## WORK TO BE COMPLETED:
Filter the records below for the word "requires". Keep each line that has it.
BEGIN RECORDS SUPPLIED
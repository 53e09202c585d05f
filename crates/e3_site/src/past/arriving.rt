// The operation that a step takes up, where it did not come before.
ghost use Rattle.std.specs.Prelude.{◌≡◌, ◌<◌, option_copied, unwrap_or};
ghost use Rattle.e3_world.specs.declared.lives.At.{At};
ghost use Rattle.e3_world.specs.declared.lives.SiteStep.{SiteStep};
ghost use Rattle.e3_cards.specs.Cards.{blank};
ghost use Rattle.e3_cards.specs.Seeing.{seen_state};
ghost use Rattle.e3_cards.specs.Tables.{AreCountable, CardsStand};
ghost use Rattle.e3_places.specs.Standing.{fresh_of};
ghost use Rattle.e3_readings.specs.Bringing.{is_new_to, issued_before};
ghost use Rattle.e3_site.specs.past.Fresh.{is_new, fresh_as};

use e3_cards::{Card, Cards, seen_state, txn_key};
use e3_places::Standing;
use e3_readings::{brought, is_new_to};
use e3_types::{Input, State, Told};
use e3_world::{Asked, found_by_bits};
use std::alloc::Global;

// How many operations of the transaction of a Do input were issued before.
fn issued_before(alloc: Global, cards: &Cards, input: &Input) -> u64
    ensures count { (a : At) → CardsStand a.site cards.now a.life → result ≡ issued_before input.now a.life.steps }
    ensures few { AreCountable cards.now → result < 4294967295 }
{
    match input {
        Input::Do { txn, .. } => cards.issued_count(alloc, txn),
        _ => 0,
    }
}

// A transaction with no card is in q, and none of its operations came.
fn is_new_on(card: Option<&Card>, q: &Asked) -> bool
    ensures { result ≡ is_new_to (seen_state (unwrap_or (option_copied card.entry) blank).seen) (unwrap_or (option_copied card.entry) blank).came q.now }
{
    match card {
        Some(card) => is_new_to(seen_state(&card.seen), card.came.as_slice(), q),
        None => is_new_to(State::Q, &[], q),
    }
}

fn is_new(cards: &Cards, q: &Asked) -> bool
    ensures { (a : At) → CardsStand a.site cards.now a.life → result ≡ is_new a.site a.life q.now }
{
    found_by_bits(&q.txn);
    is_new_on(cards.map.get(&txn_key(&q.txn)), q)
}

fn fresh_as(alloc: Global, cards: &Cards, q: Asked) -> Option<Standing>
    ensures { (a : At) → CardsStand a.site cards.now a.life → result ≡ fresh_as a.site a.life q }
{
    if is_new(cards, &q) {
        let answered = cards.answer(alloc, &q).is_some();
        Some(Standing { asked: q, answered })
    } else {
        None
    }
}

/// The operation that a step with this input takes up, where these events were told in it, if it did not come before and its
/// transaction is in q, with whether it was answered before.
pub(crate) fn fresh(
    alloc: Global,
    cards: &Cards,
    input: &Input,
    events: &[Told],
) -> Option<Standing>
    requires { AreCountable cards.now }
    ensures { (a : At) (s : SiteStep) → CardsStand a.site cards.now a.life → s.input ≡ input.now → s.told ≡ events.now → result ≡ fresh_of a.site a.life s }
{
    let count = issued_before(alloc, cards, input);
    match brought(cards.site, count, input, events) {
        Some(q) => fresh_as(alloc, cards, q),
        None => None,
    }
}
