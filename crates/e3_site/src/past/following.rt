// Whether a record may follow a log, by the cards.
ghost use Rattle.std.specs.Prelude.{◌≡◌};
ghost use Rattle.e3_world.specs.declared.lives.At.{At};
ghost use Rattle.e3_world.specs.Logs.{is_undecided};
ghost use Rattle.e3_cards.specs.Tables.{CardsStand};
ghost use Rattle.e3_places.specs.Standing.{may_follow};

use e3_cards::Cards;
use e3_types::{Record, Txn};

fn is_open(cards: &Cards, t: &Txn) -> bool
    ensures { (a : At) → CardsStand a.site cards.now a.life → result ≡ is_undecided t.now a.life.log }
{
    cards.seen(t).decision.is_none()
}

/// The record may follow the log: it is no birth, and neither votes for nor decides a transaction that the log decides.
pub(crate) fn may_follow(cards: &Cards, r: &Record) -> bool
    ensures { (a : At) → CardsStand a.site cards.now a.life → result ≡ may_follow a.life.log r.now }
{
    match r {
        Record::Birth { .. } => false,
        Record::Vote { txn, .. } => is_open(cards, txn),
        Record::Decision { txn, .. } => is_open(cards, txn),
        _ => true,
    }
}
END RECORDS SUPPLIED
BEGIN RECORDS SUPPLIED
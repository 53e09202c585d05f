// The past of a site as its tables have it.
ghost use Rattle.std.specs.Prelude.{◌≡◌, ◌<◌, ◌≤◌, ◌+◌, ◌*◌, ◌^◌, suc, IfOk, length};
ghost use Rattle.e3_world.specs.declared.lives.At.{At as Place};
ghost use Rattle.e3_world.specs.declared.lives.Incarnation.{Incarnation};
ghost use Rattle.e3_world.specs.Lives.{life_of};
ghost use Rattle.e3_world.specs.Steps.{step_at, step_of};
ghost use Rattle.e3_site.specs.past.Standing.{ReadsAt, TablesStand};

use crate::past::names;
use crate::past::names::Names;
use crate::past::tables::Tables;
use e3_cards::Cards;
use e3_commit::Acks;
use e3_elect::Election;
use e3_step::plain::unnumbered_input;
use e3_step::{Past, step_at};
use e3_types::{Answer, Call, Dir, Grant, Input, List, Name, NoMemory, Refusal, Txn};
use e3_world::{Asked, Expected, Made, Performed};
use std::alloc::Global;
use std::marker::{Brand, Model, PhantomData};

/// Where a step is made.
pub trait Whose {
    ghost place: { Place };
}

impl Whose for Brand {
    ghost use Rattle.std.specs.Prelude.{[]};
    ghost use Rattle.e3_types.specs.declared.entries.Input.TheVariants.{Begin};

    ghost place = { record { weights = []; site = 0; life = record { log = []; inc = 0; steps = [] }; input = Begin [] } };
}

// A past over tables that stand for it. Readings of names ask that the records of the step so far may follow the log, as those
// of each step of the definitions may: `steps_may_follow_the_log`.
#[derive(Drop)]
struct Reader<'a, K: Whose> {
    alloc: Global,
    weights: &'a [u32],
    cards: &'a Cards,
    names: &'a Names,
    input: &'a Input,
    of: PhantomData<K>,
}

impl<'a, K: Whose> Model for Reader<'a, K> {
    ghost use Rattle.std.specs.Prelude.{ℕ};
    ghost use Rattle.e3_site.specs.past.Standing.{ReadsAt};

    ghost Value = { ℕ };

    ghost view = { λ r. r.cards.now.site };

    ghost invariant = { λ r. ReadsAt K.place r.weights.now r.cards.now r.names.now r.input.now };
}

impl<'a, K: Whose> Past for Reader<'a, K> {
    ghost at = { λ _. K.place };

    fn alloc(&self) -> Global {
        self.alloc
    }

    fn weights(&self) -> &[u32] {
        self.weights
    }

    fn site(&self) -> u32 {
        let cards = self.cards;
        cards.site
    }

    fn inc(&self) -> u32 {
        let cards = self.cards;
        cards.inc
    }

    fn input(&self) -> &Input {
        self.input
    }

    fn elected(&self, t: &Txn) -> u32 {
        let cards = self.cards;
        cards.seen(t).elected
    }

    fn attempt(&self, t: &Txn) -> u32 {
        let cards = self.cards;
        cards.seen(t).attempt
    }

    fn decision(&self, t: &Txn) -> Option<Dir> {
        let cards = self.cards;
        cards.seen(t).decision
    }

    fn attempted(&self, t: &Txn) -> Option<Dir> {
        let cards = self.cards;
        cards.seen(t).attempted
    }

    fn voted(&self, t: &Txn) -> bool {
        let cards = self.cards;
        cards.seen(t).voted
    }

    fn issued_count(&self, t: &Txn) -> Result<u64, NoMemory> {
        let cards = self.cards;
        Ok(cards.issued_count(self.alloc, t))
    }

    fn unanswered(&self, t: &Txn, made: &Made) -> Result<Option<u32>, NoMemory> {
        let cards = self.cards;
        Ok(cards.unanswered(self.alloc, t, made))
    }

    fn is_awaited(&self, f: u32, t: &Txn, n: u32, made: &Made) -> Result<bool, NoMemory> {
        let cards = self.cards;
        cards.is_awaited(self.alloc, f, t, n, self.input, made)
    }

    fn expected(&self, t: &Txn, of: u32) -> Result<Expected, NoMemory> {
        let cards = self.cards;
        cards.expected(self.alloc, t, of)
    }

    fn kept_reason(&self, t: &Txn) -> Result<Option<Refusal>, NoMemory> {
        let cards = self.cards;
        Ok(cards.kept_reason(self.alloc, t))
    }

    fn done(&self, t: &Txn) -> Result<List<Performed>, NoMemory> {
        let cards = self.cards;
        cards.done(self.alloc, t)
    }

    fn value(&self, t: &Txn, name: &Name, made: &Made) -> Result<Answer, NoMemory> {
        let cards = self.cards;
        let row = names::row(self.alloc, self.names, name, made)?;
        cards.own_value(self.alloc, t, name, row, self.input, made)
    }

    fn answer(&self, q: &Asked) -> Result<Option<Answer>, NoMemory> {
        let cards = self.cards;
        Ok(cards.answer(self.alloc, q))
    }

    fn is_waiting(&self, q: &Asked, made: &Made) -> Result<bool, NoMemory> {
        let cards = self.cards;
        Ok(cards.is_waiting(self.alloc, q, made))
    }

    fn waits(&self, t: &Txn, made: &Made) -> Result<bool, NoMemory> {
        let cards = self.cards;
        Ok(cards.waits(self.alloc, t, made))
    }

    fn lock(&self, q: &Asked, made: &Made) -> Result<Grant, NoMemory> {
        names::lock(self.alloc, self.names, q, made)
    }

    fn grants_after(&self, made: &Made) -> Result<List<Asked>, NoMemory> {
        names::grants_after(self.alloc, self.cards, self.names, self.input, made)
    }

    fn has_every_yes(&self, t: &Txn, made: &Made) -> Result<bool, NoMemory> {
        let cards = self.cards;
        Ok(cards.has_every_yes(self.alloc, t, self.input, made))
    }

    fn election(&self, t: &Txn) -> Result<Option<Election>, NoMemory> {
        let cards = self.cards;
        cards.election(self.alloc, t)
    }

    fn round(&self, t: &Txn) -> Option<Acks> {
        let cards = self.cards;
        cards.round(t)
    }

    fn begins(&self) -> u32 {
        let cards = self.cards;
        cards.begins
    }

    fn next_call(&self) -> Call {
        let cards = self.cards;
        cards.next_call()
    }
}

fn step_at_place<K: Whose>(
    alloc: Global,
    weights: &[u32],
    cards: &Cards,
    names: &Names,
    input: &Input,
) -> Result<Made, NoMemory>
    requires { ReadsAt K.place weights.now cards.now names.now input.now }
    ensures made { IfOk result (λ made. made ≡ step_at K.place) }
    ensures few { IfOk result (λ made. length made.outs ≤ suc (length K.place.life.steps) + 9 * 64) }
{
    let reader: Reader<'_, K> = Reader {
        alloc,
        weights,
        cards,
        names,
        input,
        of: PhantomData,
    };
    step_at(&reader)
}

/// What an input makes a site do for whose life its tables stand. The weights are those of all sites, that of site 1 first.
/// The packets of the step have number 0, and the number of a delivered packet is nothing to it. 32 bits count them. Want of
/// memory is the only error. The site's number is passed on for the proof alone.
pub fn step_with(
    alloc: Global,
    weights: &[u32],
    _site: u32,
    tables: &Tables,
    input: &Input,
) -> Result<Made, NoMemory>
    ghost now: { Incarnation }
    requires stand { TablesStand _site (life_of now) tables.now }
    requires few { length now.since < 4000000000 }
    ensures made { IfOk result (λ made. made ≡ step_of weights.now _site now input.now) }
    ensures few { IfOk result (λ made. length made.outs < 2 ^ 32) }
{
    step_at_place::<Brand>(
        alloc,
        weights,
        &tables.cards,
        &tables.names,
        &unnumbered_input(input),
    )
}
END RECORDS SUPPLIED
## EXPECTED OUTPUT:
    requires { AreCountable cards.now }
    requires { ReadsAt K.place weights.now cards.now names.now input.now }
    requires stand { TablesStand _site (life_of now) tables.now }
    requires few { length now.since < 4000000000 }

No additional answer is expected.